If you are happy with low light plants 1.5 WPG would be enough, I've even done a planted tank with 1 WPG. Over 2 WPG is likey too much without co2. WPG of course is only a very rough guide as different types of light, reflectors etc vary.


----------



## jrman83 (Jul 9, 2010)

peteyboyny said:


> Definitely the most difficult decision I had to make for my tank..."Which fixture do I need"? I have a 72 bow. Trying to figure it all out...cost, features, cost, how many bulbs, cost, UL Listing was a big one for me...I just went for a WavePoint 48" 4 bulb t5HO. I won't ever need to upgrade it. It was a bit pricey though. But well worth it. I'm running 3x 6500k and 1x 460nm actinic. Figure out what your needs. There are plenty of low light plants and mosses. So the plants you keep should dictate which light you need.


Sounds like you might need CO2 and/or dosing ferts.


----------



## jnb (Feb 13, 2011)

Thanks for all your input. I think I finally have something to go on. I just ordered a two bulb system with two 54 watt 6,700 K bulbs.


----------



## driftwood (Feb 13, 2011)

Im having the same problem, think Im gona go with the Odyssea 48" 108W T5 HO Light Fixture Extendable Series (FW/ Plant)
$59.90 from Aqua Trader. What canopy or cover are you going with, if any? I thought about the All Glass Versa Top from Foster and Smith


----------



## jrman83 (Jul 9, 2010)

jnb said:


> Thanks for all your input. I think I finally have something to go on. I just ordered a two bulb system with two 54 watt 6,700 K bulbs.

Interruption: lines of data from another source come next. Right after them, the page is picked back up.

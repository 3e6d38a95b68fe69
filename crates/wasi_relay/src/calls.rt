//! The steps of the guest, and what it takes from their replies.

ghost use Rattle.std.specs.Prelude.{◌≡◌, List, slice_get, option_map};
ghost use Rattle.wasi_relay.specs.Guest.{call, one};
ghost use Rattle.wasi_relay.specs.Went.{Went};
ghost use Rattle.wasi_relay.specs.Replies.{number_at, handle_at, handle_of, bytes_at};
ghost use Rattle.wasi_relay.specs.Replies.{field_number, field_bytes};
ghost use Rattle.wasi_relay.specs.Setup.{handle_in};

use wasi_session::{Field, GuestCall, Reply, Session, Step, StepError};
use wasi_world::{Handle, World};

/// Makes a step.
pub(crate) fn step<W: World>(session: &mut Session<W>, step: Step) -> Result<Reply, StepError>
    ensures { Went (one step) session.old session.new result }
{
    session.step(step)
}

/// Makes a call, in context 0.
pub(crate) fn call<W: World>(
    session: &mut Session<W>,
    request: GuestCall,
) -> Result<Reply, StepError>
    ensures { Went (call request) session.old session.new result }
{
    step(
        session,
        Step::Call {
            context: 0,
            call: request,
        },
    )
}

/// The number of a field; 0 where it is none.
fn field_number(field: &Field) -> u64
    ensures { result ≡ field_number field.now }
{
    match field {
        Field::Number(number) => *number,
        _ => 0,
    }
}

/// The bytes of a field; none where it has none.
fn field_bytes(field: &Field) -> &[u8]
    ensures { result.now ≡ field_bytes field.now }
{
    match field {
        Field::Bytes(bytes) => bytes.as_slice(),
        _ => &[],
    }
}

/// The number at a place of a reply; 0 where there is none.
pub(crate) fn number_at(fields: &[Field], place: usize) -> u64
    ensures { result ≡ number_at fields.now place }
{
    match fields.get(place) {
        Some(field) => field_number(field),
        None => 0,
    }
}

/// The bytes at a place of a reply; none where there are none.
pub(crate) fn bytes_at(fields: &[Field], place: usize) -> &[u8]
    ensures { result.now ≡ bytes_at fields.now place }
{
    match fields.get(place) {
        Some(field) => field_bytes(field),
        None => &[],
    }
}

/// The handle at a place of a reply; 0, which is no handle, where there is none.
pub(crate) fn handle_at(fields: &[Field], place: usize) -> Handle
    ensures { result ≡ handle_at fields.now place }
{
    let number = number_at(fields, place);
    if number > u64::from(u32::MAX) {
        return 0;
    }
    number as Handle
}

/// The handle that a reply gives first; 0, which is no handle, where it gives none.
pub(crate) fn handle_in(reply: &Reply) -> Handle
    ensures { result ≡ handle_in reply.now }
{
    match reply {
        Reply::Ok(fields) => handle_at(fields.as_slice(), 0),
        _ => 0,
    }
}
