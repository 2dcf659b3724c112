// Calls on a plan, and what they answer.
use super::case::{Log, Step};
use super::memory::Memory;
use super::text::{
    NO_ANSWER, NO_STATION, accepted_text, lines_text, log_text, places_text, refused_text,
};
use cost::Sum;
use heap::Heap;
use listing::table_lines;
use plan::Plan;
use queue::Queue;
use replay::replay;
use std::alloc::{AllocError, Global};

// What fills a buffer before it is written to.
const OLD: u8 = 255;

// Lends the memory to a new plan, takes the steps on it, and tells the answer to each.
pub fn answers(alloc: Global, memory: &mut Memory, steps: &[Step]) -> Result<String, AllocError> {
    let mut plan = memory.lend();
    let mut queue = Heap::new();
    let mut texts = Vec::new(alloc);
    for step in steps {
        let text = answer(alloc, &mut plan, &mut queue, step)?;
        texts.push(text).map_err(AllocError::from)?;
    }
    texts.join(alloc, "; ")
}

// Takes a step, and tells its answer.
fn answer(
    alloc: Global,
    plan: &mut Plan<Sum>,
    queue: &mut Heap,
    step: &Step,
) -> Result<String, AllocError> {
    match step {
        Step::Make { stations } => accepted_text(alloc, plan.make(*stations)),
        Step::Read { bytes } => accepted_text(alloc, plan.read(bytes)),
        Step::Write { room } => written(alloc, plan, *room),
        Step::Replay(log) => replayed(alloc, plan, queue, log),
        Step::Counts => plan.counts().to_string(alloc),
        Step::Rows => lines_text(alloc, &table_lines(alloc, plan)?),
    }
}

// Writes the plan into a buffer of so many bytes, and tells what the buffer then holds.
fn written(alloc: Global, plan: &Plan<Sum>, room: usize) -> Result<String, AllocError> {
    let mut buffer = vec![in alloc; OLD; room]?;
    let answer = match plan.write(&mut buffer) {
        Ok(length) => format!(in alloc; "accepted {length}")?,
        Err(refusal) => refused_text(alloc, refusal)?,
    };
    let held = hex::encode(alloc, buffer.as_slice())?;
    format!(in alloc; "{answer} [{held}]")
}

// Replays a log, and tells what the list of answers and the pool then hold.
fn replayed(
    alloc: Global,
    plan: &mut Plan<Sum>,
    queue: &mut Heap,
    log: &Log,
) -> Result<String, AllocError> {
    let mut pool = vec![in alloc; NO_STATION; log.pool]?;
    let mut answers = vec![in alloc; NO_ANSWER; log.answers]?;
    let answer = replay(plan, queue, &log.entries, &mut pool, &mut answers);
    let answer = accepted_text(alloc, answer)?;
    let told = log_text(alloc, &answers)?;
    let held = places_text(alloc, &pool)?;
    format!(in alloc; "{answer} [{told}] [{held}]")
}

Cool, what light did you go with?


----------



## jnb (Feb 13, 2011)

I bought a dual light Hagen Glo ( Hagen Glo T5 HO Fluorescent Aquarium - 48'' Double Lamp ) and and two 54 watt, 6,700K bulbs. I saw a single bulb version at the local fish store and it was really nice, so I looked for the double bulb. I spent $180 - that makes up for the money I saved on my gravel...$3.00 total as gardening gravel from the hardware store. Same stuff, it's just a lot of rinsing.


----------



## peteyboyny (Oct 18, 2010)

jnb said:


> I bought a dual light Hagen Glo ( Hagen Glo T5 HO Fluorescent Aquarium - 48'' Double Lamp ) and and two 54 watt, 6,700K bulbs. I saw a single bulb version at the local fish store and it was really nice, so I looked for the double bulb. I spent $180 - that makes up for the money I saved on my gravel...$3.00 total as gardening gravel from the hardware store. Same stuff, it's just a lot of rinsing.


COOL BEANS!


----------